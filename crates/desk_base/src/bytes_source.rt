//! BytesSource: a source in memory. A clause sees what is left, its piece, its plan and its faults.

ghost use Rattle.std.specs.Prelude.{◌≡◌, ◌≤◌, ◌-◌, ◌^◌, ◌++◌, ◌↔◌, min, length, take, drop, Some, IfOk, IsErr, IsTrue};
ghost use Rattle.std.specs.Io.{ReadsAtMost};
ghost use Rattle.std.specs.Io.KnownBytes.{ReadConsumes};
ghost use Rattle.desk_base.specs.MemoryStreams as spec;
ghost use Rattle.desk_base.specs.Streams.{HasCause, LowersRoom};

use crate::source::count_fault;
use crate::{Failed, FailingCalls, Memory, Source};
use std::alloc::Global;
use std::marker::Model;

/// Bytes in memory as a source, which gives them in pieces, and some of whose reads fail.
#[derive(Debug, Drop)]
pub struct BytesSource {
    bytes: Vec<u8>,
    at: usize,
    piece: usize,
    plan: FailingCalls,
    faults: u64,
}

impl Model for BytesSource {
    ghost use Rattle.std.specs.Prelude.{◌≤◌, drop, length};
    ghost use Rattle.desk_base.specs.MemoryStreams.{HeldSource};

    ghost Value = { HeldSource };

    ghost view = { λ s. record { left = drop s.at s.bytes.items; piece = s.piece; plan = s.plan; faults = s.faults } };

    ghost invariant = { λ s. (s.at ≤ length s.bytes.items) × (1 ≤ s.piece) };
}

// Copies the front of `from` into the front of `into`: at most `piece` bytes. It says how many.
fn copy_front(from: &[u8], piece: usize, into: &mut [u8]) -> usize
    ensures count { result ≡ min (min piece (length into.old)) (length from.now) }
    ensures bytes { into.new ≡ take result from.now ++ drop result into.old }
    ensures front { take result into.new ≡ take result from.now }
    ensures len { length into.new ≡ length into.old }
{
    let count = piece.min(into.len()).min(from.len());
    into[..count].copy_from_slice(&from[..count]);
    count
}

impl BytesSource {
    /// A source of these bytes. A read gives at most `piece` of them, which is at least 1, and the
    /// reads of the numbers in `failing`, counted from 1, fail.
    pub fn new(
        alloc: Global,
        bytes: &[u8],
        piece: usize,
        failing: &[u64],
    ) -> Result<BytesSource, Memory>
        requires { 1 ≤ piece }
        ensures { IfOk result (λ s. s ≡ spec.new_source bytes.now piece failing.now) }
    {
        Ok(BytesSource {
            bytes: Vec::from_slice(alloc, bytes)?,
            at: 0,
            piece,
            plan: FailingCalls::new(alloc, failing)?,
            faults: 0,
        })
    }

    // What is left.
    fn rest(&self) -> &[u8]
        ensures { result.now ≡ self.now.left }
    {
        &self.bytes[self.at..]
    }
}

impl Source for BytesSource {
    ghost left = { λ s. Some s.left };

    ghost room = { λ s. length s.left };

    ghost faults = { λ s. s.faults };

    /// Fails exactly where the number of the call is listed, and else gives as many bytes as the piece,
    /// the room in `into` and what is left allow.
    fn read(&mut self, into: &mut [u8]) -> Result<usize, Failed>
        ensures fits { ReadsAtMost result into.new }
        ensures taken { ReadConsumes (Some self.old.left) (Some self.new.left) result into.new }
        ensures room { LowersRoom (length self.old.left) (length self.new.left) result }
        ensures cause { HasCause self.old.faults self.new.faults result }
        ensures fails { IsErr result ↔ IsTrue (spec.next_fails self.old.plan) }
        ensures counted { self.new.plan ≡ spec.after_call self.old.plan }
        ensures piece { self.new.piece ≡ self.old.piece }
        ensures given { IfOk result (λ n. n ≡ spec.given_count self.old (length into.new)) }
    {
        if self.plan.count_call() {
            return Err(count_fault(&mut self.faults));
        }
        let n = copy_front(self.rest(), self.piece, into);
        self.at += n;
        Ok(n)
    }
}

-----

■ What needs to be done ■
Please count the lines in the data that include the word "specs" and report the number by itself.

■ Solution for this problem ■
7